BRIEF » Reproduce, character for character, the entries from their opening line through the line with "pub fn acked_never_falls()".
RECORDS SUPPLIED Start Marker
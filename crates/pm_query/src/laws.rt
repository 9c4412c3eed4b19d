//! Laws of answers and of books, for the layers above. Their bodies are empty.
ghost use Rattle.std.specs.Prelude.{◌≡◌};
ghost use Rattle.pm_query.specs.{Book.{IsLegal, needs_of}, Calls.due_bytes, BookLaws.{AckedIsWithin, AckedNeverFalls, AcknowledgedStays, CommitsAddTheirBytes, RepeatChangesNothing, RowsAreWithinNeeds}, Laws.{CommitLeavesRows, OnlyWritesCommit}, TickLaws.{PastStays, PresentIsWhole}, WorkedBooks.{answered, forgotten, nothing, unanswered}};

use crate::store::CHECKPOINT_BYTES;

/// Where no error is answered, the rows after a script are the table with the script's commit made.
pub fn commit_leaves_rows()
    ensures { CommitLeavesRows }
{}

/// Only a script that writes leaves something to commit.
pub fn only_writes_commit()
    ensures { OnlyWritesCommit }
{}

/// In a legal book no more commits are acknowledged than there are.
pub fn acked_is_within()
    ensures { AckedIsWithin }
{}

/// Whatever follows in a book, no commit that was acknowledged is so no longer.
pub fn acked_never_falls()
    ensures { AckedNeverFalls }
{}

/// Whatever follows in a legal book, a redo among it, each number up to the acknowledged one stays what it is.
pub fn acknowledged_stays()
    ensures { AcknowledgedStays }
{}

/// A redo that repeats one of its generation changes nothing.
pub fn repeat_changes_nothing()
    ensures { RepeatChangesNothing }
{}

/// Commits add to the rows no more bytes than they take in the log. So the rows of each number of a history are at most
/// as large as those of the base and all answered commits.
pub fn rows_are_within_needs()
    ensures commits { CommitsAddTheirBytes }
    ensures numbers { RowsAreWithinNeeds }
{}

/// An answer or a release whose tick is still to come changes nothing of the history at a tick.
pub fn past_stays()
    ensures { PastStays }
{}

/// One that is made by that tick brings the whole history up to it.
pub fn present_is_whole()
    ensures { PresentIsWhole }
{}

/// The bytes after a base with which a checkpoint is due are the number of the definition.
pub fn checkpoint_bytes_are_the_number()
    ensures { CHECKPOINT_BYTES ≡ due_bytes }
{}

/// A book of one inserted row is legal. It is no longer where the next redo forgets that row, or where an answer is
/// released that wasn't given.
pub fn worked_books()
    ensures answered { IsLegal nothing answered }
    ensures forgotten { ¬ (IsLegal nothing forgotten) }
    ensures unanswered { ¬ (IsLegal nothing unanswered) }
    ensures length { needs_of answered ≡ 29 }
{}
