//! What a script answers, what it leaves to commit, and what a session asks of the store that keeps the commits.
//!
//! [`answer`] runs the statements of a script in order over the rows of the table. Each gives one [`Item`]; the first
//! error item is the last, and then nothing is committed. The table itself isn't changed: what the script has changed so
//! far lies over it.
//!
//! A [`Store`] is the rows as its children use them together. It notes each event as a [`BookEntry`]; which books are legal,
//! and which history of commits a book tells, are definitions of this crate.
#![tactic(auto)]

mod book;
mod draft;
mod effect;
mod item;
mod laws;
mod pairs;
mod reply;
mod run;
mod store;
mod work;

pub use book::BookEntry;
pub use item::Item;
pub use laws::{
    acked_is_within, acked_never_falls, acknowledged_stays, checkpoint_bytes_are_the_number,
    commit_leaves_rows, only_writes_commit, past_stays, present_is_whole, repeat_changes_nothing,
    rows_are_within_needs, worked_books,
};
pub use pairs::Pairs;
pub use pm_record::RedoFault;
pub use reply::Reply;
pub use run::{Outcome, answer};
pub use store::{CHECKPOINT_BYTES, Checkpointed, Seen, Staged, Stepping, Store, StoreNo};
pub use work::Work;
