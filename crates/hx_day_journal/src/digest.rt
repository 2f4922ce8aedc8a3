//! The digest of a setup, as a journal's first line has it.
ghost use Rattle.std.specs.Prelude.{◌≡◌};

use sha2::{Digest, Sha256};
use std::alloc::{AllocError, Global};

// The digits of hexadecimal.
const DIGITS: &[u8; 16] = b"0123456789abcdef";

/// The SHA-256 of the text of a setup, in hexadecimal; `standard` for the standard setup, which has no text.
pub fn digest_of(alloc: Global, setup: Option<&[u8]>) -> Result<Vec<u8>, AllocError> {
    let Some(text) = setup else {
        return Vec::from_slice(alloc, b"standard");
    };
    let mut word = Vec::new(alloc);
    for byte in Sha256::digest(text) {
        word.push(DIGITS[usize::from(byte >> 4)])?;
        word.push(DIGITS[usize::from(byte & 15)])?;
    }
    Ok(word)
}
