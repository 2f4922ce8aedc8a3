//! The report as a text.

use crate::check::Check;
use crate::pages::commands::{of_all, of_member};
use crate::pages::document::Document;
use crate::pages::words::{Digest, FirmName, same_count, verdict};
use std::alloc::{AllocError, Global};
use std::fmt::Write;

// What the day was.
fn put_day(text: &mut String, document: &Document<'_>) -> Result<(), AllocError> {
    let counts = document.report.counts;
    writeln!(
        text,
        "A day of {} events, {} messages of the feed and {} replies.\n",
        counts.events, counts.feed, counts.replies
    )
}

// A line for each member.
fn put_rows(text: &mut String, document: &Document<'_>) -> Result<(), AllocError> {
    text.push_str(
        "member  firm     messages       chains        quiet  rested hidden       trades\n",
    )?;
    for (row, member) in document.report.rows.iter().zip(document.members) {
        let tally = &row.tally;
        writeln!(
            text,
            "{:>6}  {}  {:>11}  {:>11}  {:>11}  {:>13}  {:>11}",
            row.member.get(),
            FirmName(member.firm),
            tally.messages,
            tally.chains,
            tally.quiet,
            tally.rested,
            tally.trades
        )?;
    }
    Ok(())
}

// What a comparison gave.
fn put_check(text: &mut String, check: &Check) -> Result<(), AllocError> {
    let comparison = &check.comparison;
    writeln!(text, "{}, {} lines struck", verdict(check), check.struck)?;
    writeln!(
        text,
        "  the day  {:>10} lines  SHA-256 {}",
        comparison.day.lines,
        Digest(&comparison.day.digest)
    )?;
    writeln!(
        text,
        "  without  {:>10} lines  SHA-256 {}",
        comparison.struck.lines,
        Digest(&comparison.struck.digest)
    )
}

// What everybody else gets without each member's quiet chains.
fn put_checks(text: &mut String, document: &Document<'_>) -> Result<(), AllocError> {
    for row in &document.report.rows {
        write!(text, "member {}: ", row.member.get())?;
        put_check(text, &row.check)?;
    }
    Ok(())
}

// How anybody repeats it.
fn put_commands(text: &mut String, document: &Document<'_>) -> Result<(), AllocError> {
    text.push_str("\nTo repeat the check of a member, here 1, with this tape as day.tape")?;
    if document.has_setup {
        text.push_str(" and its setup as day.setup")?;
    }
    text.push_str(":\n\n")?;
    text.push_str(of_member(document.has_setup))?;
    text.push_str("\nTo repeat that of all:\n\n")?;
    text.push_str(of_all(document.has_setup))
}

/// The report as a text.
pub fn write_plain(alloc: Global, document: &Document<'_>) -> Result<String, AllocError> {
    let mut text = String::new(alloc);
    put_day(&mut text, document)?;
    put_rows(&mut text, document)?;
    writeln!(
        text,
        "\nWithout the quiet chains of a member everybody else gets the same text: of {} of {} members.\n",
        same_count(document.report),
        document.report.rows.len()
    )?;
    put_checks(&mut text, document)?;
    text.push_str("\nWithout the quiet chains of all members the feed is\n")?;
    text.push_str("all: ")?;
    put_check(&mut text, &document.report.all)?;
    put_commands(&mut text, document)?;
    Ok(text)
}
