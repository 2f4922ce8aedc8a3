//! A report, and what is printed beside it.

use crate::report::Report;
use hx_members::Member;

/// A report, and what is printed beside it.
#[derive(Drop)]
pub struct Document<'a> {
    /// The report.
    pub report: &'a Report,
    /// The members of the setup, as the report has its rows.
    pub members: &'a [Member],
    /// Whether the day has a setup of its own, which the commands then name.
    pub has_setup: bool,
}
RECORDS SUPPLIED End Marker
ANSWER BOX »
filename crates/pm_query/src/laws.rt
repository 9c4412c3eed4b19d
//! Laws of answers and of books, for the layers above. Their bodies are empty.
ghost use Rattle.std.specs.Prelude.{◌≡◌};
ghost use Rattle.pm_query.specs.{Book.{IsLegal, needs_of}, Calls.due_bytes, BookLaws.{AckedIsWithin, AckedNeverFalls, AcknowledgedStays, CommitsAddTheirBytes, RepeatChangesNothing, RowsAreWithinNeeds}, Laws.{CommitLeavesRows, OnlyWritesCommit}, TickLaws.{PastStays, PresentIsWhole}, WorkedBooks.{answered, forgotten, nothing, unanswered}};

use crate::store::CHECKPOINT_BYTES;

/// Where no error is answered, the rows after a script are the table with the script's commit made.
pub fn commit_leaves_rows()
    ensures { CommitLeavesRows }
{}

/// Only a script that writes leaves something to commit.
pub fn only_writes_commit()
    ensures { OnlyWritesCommit }
{}

/// In a legal book no more commits are acknowledged than there are.
pub fn acked_is_within()
    ensures { AckedIsWithin }
{}

/// Whatever follows in a book, no commit that was acknowledged is so no longer.
pub fn acked_never_falls()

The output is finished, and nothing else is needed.